Below are some records; quote exactly the lines from the one that contains "phases.now place shares.now" through the one that contains "use std::marker::Model;", inclusive, and no others.

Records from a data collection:
++++

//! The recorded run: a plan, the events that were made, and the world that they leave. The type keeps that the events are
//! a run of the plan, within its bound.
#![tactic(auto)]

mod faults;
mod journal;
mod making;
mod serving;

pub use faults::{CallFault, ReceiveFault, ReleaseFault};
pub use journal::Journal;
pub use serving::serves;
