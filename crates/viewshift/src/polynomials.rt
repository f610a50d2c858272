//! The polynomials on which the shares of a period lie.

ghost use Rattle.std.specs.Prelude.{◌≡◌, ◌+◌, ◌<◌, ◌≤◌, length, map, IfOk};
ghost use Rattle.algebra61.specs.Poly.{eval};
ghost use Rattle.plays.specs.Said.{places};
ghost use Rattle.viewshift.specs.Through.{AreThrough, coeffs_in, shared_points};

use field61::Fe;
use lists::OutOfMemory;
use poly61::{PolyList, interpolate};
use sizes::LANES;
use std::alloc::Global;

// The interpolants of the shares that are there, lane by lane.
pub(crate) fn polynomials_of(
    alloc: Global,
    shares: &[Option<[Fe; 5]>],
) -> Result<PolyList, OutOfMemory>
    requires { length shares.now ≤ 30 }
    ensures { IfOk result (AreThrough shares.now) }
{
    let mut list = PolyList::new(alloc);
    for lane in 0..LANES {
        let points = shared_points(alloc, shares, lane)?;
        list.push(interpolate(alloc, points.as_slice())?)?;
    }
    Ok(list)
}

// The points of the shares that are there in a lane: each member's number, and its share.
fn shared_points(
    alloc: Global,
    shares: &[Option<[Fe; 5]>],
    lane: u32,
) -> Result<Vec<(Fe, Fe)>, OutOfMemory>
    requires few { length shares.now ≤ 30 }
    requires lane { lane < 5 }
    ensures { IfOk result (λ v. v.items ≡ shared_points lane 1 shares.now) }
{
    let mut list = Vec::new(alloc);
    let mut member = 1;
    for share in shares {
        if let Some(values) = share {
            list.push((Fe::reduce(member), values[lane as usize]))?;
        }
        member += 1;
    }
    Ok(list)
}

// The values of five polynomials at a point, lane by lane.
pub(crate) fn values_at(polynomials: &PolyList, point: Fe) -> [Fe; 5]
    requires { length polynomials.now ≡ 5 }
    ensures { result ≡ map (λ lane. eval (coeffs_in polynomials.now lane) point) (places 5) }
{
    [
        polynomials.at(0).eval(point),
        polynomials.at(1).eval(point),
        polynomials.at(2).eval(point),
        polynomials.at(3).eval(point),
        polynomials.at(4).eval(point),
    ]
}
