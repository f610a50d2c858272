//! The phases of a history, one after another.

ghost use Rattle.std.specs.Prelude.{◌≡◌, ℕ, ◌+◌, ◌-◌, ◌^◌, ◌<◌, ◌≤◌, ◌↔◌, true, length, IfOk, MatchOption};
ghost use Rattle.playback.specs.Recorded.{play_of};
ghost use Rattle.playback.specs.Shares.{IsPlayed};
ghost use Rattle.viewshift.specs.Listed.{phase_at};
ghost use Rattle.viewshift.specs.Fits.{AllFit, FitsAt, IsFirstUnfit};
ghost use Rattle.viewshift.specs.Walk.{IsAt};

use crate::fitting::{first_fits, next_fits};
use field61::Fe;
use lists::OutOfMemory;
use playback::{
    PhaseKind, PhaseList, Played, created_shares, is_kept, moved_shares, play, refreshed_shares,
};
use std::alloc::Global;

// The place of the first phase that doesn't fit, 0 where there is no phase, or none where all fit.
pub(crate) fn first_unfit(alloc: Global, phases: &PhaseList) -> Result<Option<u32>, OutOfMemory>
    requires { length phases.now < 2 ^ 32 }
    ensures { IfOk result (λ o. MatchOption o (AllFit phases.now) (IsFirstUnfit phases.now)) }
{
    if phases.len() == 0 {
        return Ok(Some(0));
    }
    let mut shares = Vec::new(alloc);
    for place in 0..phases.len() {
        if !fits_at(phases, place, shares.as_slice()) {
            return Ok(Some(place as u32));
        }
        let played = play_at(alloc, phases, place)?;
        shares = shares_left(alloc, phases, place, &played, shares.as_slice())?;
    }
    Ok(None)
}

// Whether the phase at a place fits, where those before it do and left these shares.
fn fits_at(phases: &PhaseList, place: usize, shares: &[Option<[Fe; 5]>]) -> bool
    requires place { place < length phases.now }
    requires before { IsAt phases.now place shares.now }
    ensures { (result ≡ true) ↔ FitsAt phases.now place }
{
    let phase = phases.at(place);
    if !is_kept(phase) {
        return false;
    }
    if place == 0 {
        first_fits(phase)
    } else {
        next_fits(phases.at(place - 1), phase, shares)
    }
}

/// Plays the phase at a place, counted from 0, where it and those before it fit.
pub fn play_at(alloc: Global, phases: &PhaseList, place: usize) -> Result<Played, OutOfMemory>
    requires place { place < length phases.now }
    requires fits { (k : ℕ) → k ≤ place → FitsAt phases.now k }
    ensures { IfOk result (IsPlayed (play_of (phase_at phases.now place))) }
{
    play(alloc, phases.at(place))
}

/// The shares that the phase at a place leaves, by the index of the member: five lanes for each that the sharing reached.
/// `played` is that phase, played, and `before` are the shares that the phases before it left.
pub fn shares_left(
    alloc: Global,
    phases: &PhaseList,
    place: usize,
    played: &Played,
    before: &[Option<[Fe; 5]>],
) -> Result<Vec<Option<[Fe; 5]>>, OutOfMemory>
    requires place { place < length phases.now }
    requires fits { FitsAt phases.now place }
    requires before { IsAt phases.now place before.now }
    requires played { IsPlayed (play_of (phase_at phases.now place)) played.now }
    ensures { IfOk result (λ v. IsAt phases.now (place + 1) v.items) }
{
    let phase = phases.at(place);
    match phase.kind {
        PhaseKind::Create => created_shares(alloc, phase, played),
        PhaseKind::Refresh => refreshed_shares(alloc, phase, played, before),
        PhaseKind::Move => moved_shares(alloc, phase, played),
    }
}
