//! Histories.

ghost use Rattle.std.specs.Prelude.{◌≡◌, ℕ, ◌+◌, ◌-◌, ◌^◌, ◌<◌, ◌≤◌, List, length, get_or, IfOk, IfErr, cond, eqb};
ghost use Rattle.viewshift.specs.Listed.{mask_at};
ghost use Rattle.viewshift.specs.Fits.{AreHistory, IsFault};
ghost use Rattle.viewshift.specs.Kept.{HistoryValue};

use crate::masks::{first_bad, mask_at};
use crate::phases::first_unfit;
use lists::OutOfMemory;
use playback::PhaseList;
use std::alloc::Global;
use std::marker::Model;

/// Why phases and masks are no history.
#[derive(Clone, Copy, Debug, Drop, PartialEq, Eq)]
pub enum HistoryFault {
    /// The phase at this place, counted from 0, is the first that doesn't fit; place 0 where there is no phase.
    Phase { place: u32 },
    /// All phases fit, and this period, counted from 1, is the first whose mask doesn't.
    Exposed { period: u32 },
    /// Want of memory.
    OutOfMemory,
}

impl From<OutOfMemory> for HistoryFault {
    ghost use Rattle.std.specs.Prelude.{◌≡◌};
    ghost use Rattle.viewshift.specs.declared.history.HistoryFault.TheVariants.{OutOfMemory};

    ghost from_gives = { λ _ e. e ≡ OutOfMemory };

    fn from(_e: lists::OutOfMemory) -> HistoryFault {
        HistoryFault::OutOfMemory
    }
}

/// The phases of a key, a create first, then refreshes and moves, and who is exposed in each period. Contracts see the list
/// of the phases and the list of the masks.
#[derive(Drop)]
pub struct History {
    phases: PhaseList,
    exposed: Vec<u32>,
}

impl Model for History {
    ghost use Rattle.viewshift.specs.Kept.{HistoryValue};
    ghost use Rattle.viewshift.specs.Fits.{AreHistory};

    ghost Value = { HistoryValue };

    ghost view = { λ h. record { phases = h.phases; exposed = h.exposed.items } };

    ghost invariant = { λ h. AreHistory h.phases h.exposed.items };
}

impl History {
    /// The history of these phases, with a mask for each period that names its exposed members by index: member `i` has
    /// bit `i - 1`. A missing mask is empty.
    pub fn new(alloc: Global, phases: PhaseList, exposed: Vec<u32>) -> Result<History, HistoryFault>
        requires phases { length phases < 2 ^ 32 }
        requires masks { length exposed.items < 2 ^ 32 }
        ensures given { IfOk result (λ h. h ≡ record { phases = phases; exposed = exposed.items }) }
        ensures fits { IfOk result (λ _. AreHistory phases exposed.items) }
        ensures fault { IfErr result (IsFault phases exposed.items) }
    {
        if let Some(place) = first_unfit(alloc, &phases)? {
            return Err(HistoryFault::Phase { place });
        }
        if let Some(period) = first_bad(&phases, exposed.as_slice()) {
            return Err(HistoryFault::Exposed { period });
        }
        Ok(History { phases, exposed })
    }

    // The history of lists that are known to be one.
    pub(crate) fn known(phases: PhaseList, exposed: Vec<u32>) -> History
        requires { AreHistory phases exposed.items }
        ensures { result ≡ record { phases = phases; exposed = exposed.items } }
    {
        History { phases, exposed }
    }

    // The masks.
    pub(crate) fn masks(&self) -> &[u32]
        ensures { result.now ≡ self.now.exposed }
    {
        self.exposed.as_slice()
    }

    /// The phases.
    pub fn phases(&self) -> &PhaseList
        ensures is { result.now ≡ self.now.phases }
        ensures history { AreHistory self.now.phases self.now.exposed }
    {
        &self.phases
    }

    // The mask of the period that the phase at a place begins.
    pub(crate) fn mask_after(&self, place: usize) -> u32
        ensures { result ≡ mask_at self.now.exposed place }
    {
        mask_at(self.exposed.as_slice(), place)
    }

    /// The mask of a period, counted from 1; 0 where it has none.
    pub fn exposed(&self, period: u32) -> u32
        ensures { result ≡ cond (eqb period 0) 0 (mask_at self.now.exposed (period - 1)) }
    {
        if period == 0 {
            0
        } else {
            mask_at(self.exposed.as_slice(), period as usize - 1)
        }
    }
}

++++

Result of this exercise:
    requires before { IsAt phases.now place shares.now }
    ensures { (result ≡ true) ↔ FitsAt phases.now place }
{
    let phase = phases.at(place);
    if !is_kept(phase) {
        return false;
    }
    if place == 0 {
        first_fits(phase)
    } else {
        next_fits(phases.at(place - 1), phase, shares)
    }
}

/// Plays the phase at a place, counted from 0, where it and those before it fit.
pub fn play_at(alloc: Global, phases: &PhaseList, place: usize) -> Result<Played, OutOfMemory>
    requires place { place < length phases.now }
    requires fits { (k : ℕ) → k ≤ place → FitsAt phases.now k }
    ensures { IfOk result (IsPlayed (play_of (phase_at phases.now place))) }
{
    play(alloc, phases.at(place))
}

/// The shares that the phase at a place leaves, by the index of the member: five lanes for each that the sharing reached.
/// `played` is that phase, played, and `before` are the shares that the phases before it left.
pub fn shares_left(
    alloc: Global,
    phases: &PhaseList,
    place: usize,
    played: &Played,
    before: &[Option<[Fe; 5]>],
) -> Result<Vec<Option<[Fe; 5]>>, OutOfMemory>
    requires place { place < length phases.now }
    requires fits { FitsAt phases.now place }
    requires before { IsAt phases.now place before.now }
    requires played { IsPlayed (play_of (phase_at phases.now place)) played.now }
    ensures { IfOk result (λ v. IsAt phases.now (place + 1) v.items) }
{
    let phase = phases.at(place);
    match phase.kind {
        PhaseKind::Create => created_shares(alloc, phase, played),
        PhaseKind::Refresh => refreshed_shares(alloc, phase, played, before),
        PhaseKind::Move => moved_shares(alloc, phase, played),
    }
}
//! Histories.

ghost use Rattle.std.specs.Prelude.{◌≡◌, ℕ, ◌+◌, ◌-◌, ◌^◌, ◌<◌, ◌≤◌, List, length, get_or, IfOk, IfErr, cond, eqb};
ghost use Rattle.viewshift.specs.Listed.{mask_at};
ghost use Rattle.viewshift.specs.Fits.{AreHistory, IsFault};
ghost use Rattle.viewshift.specs.Kept.{HistoryValue};

use crate::masks::{first_bad, mask_at};
use crate::phases::first_unfit;
use lists::OutOfMemory;
use playback::PhaseList;
use std::alloc::Global;
use std::marker::Model;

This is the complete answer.